唐兰是躲避的态度,但也有人沉醉在这种同事的追捧当中。
杨琴是新来的员工,平时都是她巴结别人的份,现在有人给她献殷勤,这令她十分开心。
白建民是进厂多年的老员工,听说十几岁就来了服装厂,虽然学历不高,但凭借自己的本事也在业务部站住了脚,他家里条件不好,去年二十五岁的时候结了婚,就等着这次分福利房,夫妻家从二十几平的家里搬出来,避免三代人一起生活的窘境。
陈元比杨琴早进厂两年,半新不旧,她丈夫厂子申请住房更困难,所有的指望都寄托在陈元的身上。
曹红花是去年厂里的先进代表,人长得好看会打扮,很多男同志对她芳心暗许,不过人家早就有对象了,男同志也是厂里的职工,这次两个人一起申请,双职工的概率更大。
赵向阳以前是车间的学徒工,后来成了正式工,三年前调到了业务部工作,预备明年结婚,他家里条件在厂里算好的,一家全吃商品粮,住房方面不算紧缺。
最后一个是在厂里做了二十多年的老员工李华勇,大家都管他叫李叔,李叔今年快五十岁了,老一辈人不想给厂子添麻烦,可小儿子结婚了,一家七八口挤在一起,老娘晚上睡觉翻个身都难,觉悟再高,也得生活,这次厚着脸皮交了申请,就盼着申请到福利房,能搬出去住宽敞宽敞。
陈元、赵向阳和白建民对杨琴都很热情,陈元还从家里带了白面包子给她吃,散发着热气的白菜馅包子,咬上一口口腔里都是油的香气。
这三个人都杨琴都挺好,她也不知道怎么选,她表哥提醒她:“支持谁都得罪人,人家也不一定念着你的好处。”
杨琴可不这么认为:“大家互相帮助,以后咱们也是要结婚分福利房的,部门里支持自己的多了,分到房的机会也更大。”
杨琴家里在给她找对象,也相过几次亲,虽然没有合适的,但小年轻都是相亲过来的,她也不急,一两年总能结婚,最好对方也是服装厂的员工,这样都有铁饭碗,分房机会更高。
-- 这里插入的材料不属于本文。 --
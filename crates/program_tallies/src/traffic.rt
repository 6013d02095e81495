//! One thread's counts of its datagrams.
use std::alloc::{AllocError, Global};
use std::sync::atomic::{AtomicBool, AtomicU64, Ordering};

// A number that one thread increases and others read.
#[derive(Drop)]
struct Counter {
    value: AtomicU64,
}

impl Counter {
    fn new() -> Counter {
        Counter {
            value: AtomicU64::new(0),
        }
    }

    fn add(&self, more: u64) {
        let _before = self.value.fetch_add(more, Ordering::Relaxed);
    }

    fn get(&self) -> u64 {
        self.value.load(Ordering::Relaxed)
    }
}

// The counters of one remote entity.
#[derive(Drop)]
struct RemoteTraffic {
    datagrams_in: Counter,
    octets_in: Counter,
    datagrams_out: Counter,
    octets_out: Counter,
    failed_sends: Counter,
    /// When it was heard last, in milliseconds since 1970, or 0.
    heard: AtomicU64,
}

/// The counts of one remote entity.
#[derive(Clone, Copy, Debug, PartialEq, Eq, Default)]
pub struct RemoteTotals {
    pub datagrams_in: u64,
    pub octets_in: u64,
    pub datagrams_out: u64,
    pub octets_out: u64,
    pub failed_sends: u64,
}

/// The counts of all datagrams.
#[derive(Clone, Copy, Debug, PartialEq, Eq, Default)]
pub struct Totals {
    pub datagrams_in: u64,
    pub octets_in: u64,
    pub datagrams_out: u64,
    pub octets_out: u64,
    pub failed_sends: u64,
    pub failed_reads: u64,
    pub foreign_datagrams: u64,
    pub decode_faults: u64,
}

/// One thread's counts of its datagrams. Only that thread increases them, so counting never waits.
#[derive(Drop)]
pub struct Traffic {
    datagrams_in: Counter,
    octets_in: Counter,
    failed_reads: Counter,
    foreign_datagrams: Counter,
    decode_faults: Counter,
    /// Sends to an entity without an address.
    unaddressed: Counter,
    remotes: Vec<RemoteTraffic>,
    /// Whether it notes when remote entities are heard.
    hears: AtomicBool,
}

impl Traffic {
    /// All counts at 0, for this many remote entities.
    pub fn new(alloc: Global, remotes: usize) -> Result<Traffic, AllocError> {
        let mut all = Vec::with_capacity(alloc, remotes)?;
        for _ in 0..remotes {
            all.push(RemoteTraffic {
                datagrams_in: Counter::new(),
                octets_in: Counter::new(),
                datagrams_out: Counter::new(),
                octets_out: Counter::new(),
                failed_sends: Counter::new(),
                heard: AtomicU64::new(0),
            })?;
        }
        Ok(Traffic {
            datagrams_in: Counter::new(),
            octets_in: Counter::new(),
            failed_reads: Counter::new(),
            foreign_datagrams: Counter::new(),
            decode_faults: Counter::new(),
            unaddressed: Counter::new(),
            remotes: all,
            hears: AtomicBool::new(false),
        })
    }

    /// Counts a datagram that came from the remote entity at this place of the configuration, or from elsewhere.
    pub fn note_arrival(&self, octets: usize, place: Option<usize>) {
        self.datagrams_in.add(1);
        self.octets_in.add(octets as u64);
        match place.and_then(|place| self.remotes.get(place)) {
            Some(remote) => {
                remote.datagrams_in.add(1);
                remote.octets_in.add(octets as u64);
            }
            None => self.foreign_datagrams.add(1),
        }
    }

    /// Notes from now on when remote entities are heard.
    pub(crate) fn hear(&self) {
        self.hears.store(true, Ordering::Relaxed);
    }

    /// Whether it notes when remote entities are heard. Takes no lock.
    pub fn hears(&self) -> bool {
        self.hears.load(Ordering::Relaxed)
    }

    /// Notes that a PDU came from the remote entity at this place of the configuration, at a moment in milliseconds
    /// since 1970.
    pub fn note_heard(&self, place: usize, at: u64) {
        if let Some(remote) = self.remotes.get(place) {
            remote.heard.store(at, Ordering::Relaxed);
        }
    }

    /// When the remote entity at this place was heard last, or 0.
    pub(crate) fn heard(&self, place: usize) -> u64 {
        match self.remotes.get(place) {
            Some(remote) => remote.heard.load(Ordering::Relaxed),
            None => 0,
        }
    }

    /// Counts a datagram to the remote entity at this place of the configuration: sent, with its octets, or not sent.
    pub fn note_departure(&self, place: usize, octets: Option<usize>) {
        let Some(remote) = self.remotes.get(place) else {
            return;
        };
        match octets {
            Some(octets) => {
                remote.datagrams_out.add(1);
                remote.octets_out.add(octets as u64);
            }
            None => remote.failed_sends.add(1),
        }
    }

    /// Counts a datagram that could not be sent because its entity has no address.
    pub fn note_unaddressed(&self) {
        self.unaddressed.add(1);
    }

    /// Counts a read that failed.
    pub fn note_failed_read(&self) {
        self.failed_reads.add(1);
    }

    /// Counts a datagram that was not a PDU.
    pub fn note_decode_fault(&self) {
        self.decode_faults.add(1);
    }

    /// Adds the counts so far to `totals`.
    pub(crate) fn add_to(&self, totals: &mut Totals) {
        totals.datagrams_in = totals.datagrams_in.wrapping_add(self.datagrams_in.get());
        totals.octets_in = totals.octets_in.wrapping_add(self.octets_in.get());
        totals.failed_reads = totals.failed_reads.wrapping_add(self.failed_reads.get());
        totals.foreign_datagrams = totals
            .foreign_datagrams
            .wrapping_add(self.foreign_datagrams.get());
        totals.decode_faults = totals.decode_faults.wrapping_add(self.decode_faults.get());
        totals.failed_sends = totals.failed_sends.wrapping_add(self.unaddressed.get());
        for remote in &self.remotes {
            totals.datagrams_out = totals
                .datagrams_out
                .wrapping_add(remote.datagrams_out.get());
            totals.octets_out = totals.octets_out.wrapping_add(remote.octets_out.get());
            totals.failed_sends = totals.failed_sends.wrapping_add(remote.failed_sends.get());
        }
    }

    /// Adds the counts of one remote entity so far to `totals`.
    pub(crate) fn add_remote_to(&self, place: usize, totals: &mut RemoteTotals) {
        let Some(remote) = self.remotes.get(place) else {
            return;
        };
        totals.datagrams_in = totals.datagrams_in.wrapping_add(remote.datagrams_in.get());
        totals.octets_in = totals.octets_in.wrapping_add(remote.octets_in.get());
        totals.datagrams_out = totals
            .datagrams_out
            .wrapping_add(remote.datagrams_out.get());
        totals.octets_out = totals.octets_out.wrapping_add(remote.octets_out.get());
        totals.failed_sends = totals.failed_sends.wrapping_add(remote.failed_sends.get());
    }
}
讨论会前杨琴吃着包子去找唐兰:“唐兰,下午的讨论会你支持谁?”唐兰盯着杨琴手里的包子,本想劝两句,毕竟吃人嘴短,拿人手短,可她想了想,还是没吱声,都是成年人了,做事有自己的分寸和态度。唐兰回道:“根据实际情况来吧,谁更需要这套房,就支持谁。”杨琴心里想,这种客套话谁信?肯定有人来巴结唐兰,她做了决定不说而已,什么需要不需要,福利房的分配,还不是领导的一句话?过了部门这关,还有厂委卡着呢,到时候选员工代表,还得再筛选一轮。
杨琴小声和她说:“选谁都别选曹红花。”唐兰不解其意:“为啥不选她?”
福利房归属
杨琴说道:“曹红花和咱们不是一路人,你看她平时打扮的妖里妖气的,衣服一件接一件的买,上次她和别人说,裙子都是托人从上海带的,她能缺房子住?”
唐兰忍不住说:“也不能判断这么片面,曹同志家里情况我们不清楚,总得讨论讨论。”
杨琴对唐兰不支持她的想法略略不满:“反正我就是这个意思,你看着办呗。”
讨论会开始前孙主管先发表了一番讲话,无非就是大家本着公平公正的原则,各抒己见,不要藏私。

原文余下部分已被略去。